TPG, like a number of the other large PE firms – KKR and Apollo come to mind – have formed internal broker-dealer units in the last few years and are telling the press that they are already in compliance (Leonard Green, by contrast, has no broker-dealer unit). A close examination of TPG’s filings with the SEC, however, reveals that TPG’s compliance is a sham. All broker-dealers are required to file form X-17A-5 annually with the SEC, which shows the balance sheet and income statement of the broker dealer unit. Firms have the option to request confidential treatment of the income statement portion of the filing, meaning that it is not posted on the SEC website, and virtually all broker dealers of any type request and receive such confidential treatment. However, TPG has missed this trick and has neglected ever to request confidential treatment, which means that we can see the revenues of its broker dealer.

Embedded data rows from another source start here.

// What can be asked of an image besides document 01's calls; the image is only read.
#![tactic(auto)]

ghost use Rattle.std.specs.Prelude.{false};
ghost use Rattle.std.specs.Result.{result_unwrap_or};
ghost use Rattle.rules.specs.Layout.{base};
ghost use Rattle.rules.specs.Numbers.{refusal_in, answer_in};
ghost use Rattle.rules.specs.Dependents.{no_dependents};
ghost use Rattle.rules.specs.Obstacle.{obstacle_numbers};
ghost use Rattle.rules.specs.Impediment.{impediment_numbers};
ghost use Rattle.rules.specs.Promises.{SmallestPromise, HeardPromise, CountPromise, DependentsPromise, ObstaclePromise, ImpedimentPromise};

use grounds::{all_resting, dependents_of};
use image::layout::{CREATION, FIRST_TRANSACTOR, STATE, TRANSACTOR, TRANSACTORS};
use impediments::impediment_of;
use lists::groups;
use needs::{closure, needs_of};
use obstacles::obstacle_of;
use rules::refusals::Refusal;
use rules::{Dependents, Impediment, Obstacle};

// The smallest group with the transactor that could be checkpointed now, or none exactly if there is none. Refused as 16, 19, 21 or 22.
pub fn smallest_group(image: &[u8], transactor: usize) -> Result<Option<u16>, Refusal>
    ensures { SmallestPromise base image.now transactor (refusal_in result) (answer_in result) }
{
    let formed = form::check_query(image, transactor)?;
    let needs = needs_of(&formed);
    let group = closure::closure(&needs.need, transactor);
    if groups::is_inside(group, needs.able) {
        return Ok(Some(group));
    }
    Ok(None)
}

// How many groups of that many transactors could be checkpointed now. Refused as 16, 19 or 34.
pub fn ready_count(image: &[u8], size: usize) -> Result<usize, Refusal>
    ensures { CountPromise base image.now size (refusal_in result) (result_unwrap_or result 0) }
{
    let formed = form::check_image(image)?;
    if size < 1 || TRANSACTORS < size {
        return Err(Refusal::WrongSize);
    }
    Ok(closure::count(needs_of(&formed), size))
}

// Document 02, W4, "all heard frozen": whether every entry of the transactor's state and creation maps but its own is stable. Refused as 16, 19,
// 21 or 22.
pub fn all_heard_stable(image: &[u8], transactor: usize) -> Result<bool, Refusal>
    ensures { HeardPromise base image.now transactor (refusal_in result) (result_unwrap_or result false) }
{
    form::check_query(image, transactor)?;
    let at = FIRST_TRANSACTOR + TRANSACTOR * transactor;
    if !stability::others_stable(image, at + STATE, transactor) {
        return Ok(false);
    }
    Ok(stability::others_stable(image, at + CREATION, transactor))
}

// Who rests on the transactor's present incarnation, directly and through others, who is busy with it, and how many waiting messages carry
// it. Refused as 16, 19, 21 or 22.
pub fn dependents(image: &[u8], transactor: usize) -> Result<Dependents, Refusal>
    ensures { DependentsPromise base image.now transactor (refusal_in result) (result_unwrap_or result no_dependents) }
{
    let formed = form::check_query(image, transactor)?;
    let through = closure::closure(&all_resting(&formed), transactor);
    Ok(dependents_of(&formed, transactor, through))
}

// Why the group can't be checkpointed now; none exactly if it can. Refused as 16, 19, or as the signing would be, 29, 21, 22 or 30: a number
// past the 16 bits of a group names a transactor that no session opens.
pub fn obstacle(image: &[u8], members: usize) -> Result<Option<Obstacle>, Refusal>
    ensures { ObstaclePromise base image.now members (refusal_in result) (obstacle_numbers (result_unwrap_or result None)) }
{
    let formed = form::check_image(image)?;
    let Ok(group) = u16::try_from(members) else {
        return Err(Refusal::Unopened);
    };
    group::check(&formed, group)?;
    Ok(obstacle_of(&formed, group))
}

// Why no group with the transactor could be checkpointed now, and the next transactor on a chain to the one that is in the way; none exactly
// if smallest_group has one. Refused as 16, 19, 21 or 22.
pub fn impediment(image: &[u8], transactor: usize) -> Result<Option<Impediment>, Refusal>
    ensures { ImpedimentPromise base image.now transactor (refusal_in result) (impediment_numbers (result_unwrap_or result None)) }
{
    let formed = form::check_query(image, transactor)?;
    Ok(impediment_of(&formed, transactor))
}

For the year 2011 when TPG received its self-described “Transaction Fee” in the amount of $26.25 million for J Crew deal, which closed in March of that year, the TPG broker-dealer unit reported revenues in its SEC filing of just $6,986,446. So, given that the J Crew transaction fee alone was almost four times larger than the broker-dealer unit’s revenues that year, the J Crew transaction fee clearly was never paid to the broker-dealer unit, which is a firm requirement under broker-dealer regulations to ensure that the payment is handled consistent with the disclosure to clients and other unique requirements of broker-dealer fees.
Recent SEC enforcement actions show that, in other contexts, the SEC views it as a grave infraction to not pay broker-dealer fees to the broker-dealer unit of a business. Just last Friday, the SEC fined Credit Suisse $196 million for, among other things, unsupervised broker dealer activities in the U.S. The SEC did not claim that Credit Suisse had no registered broker-dealer unit in the U.S. — the firm has had one for decades. Rather, the SEC based the fine on the fact that Credit Suisse was diverting revenues that should have been credited to the registered broker-dealer unit in order to keep those revenues from being properly regulated.
The private equity overloads clearly believe they are in an even more privileged class than the generally-above-the-law too-big-to-fail banks. Somebody needs to ask Mary Jo White whether she agrees.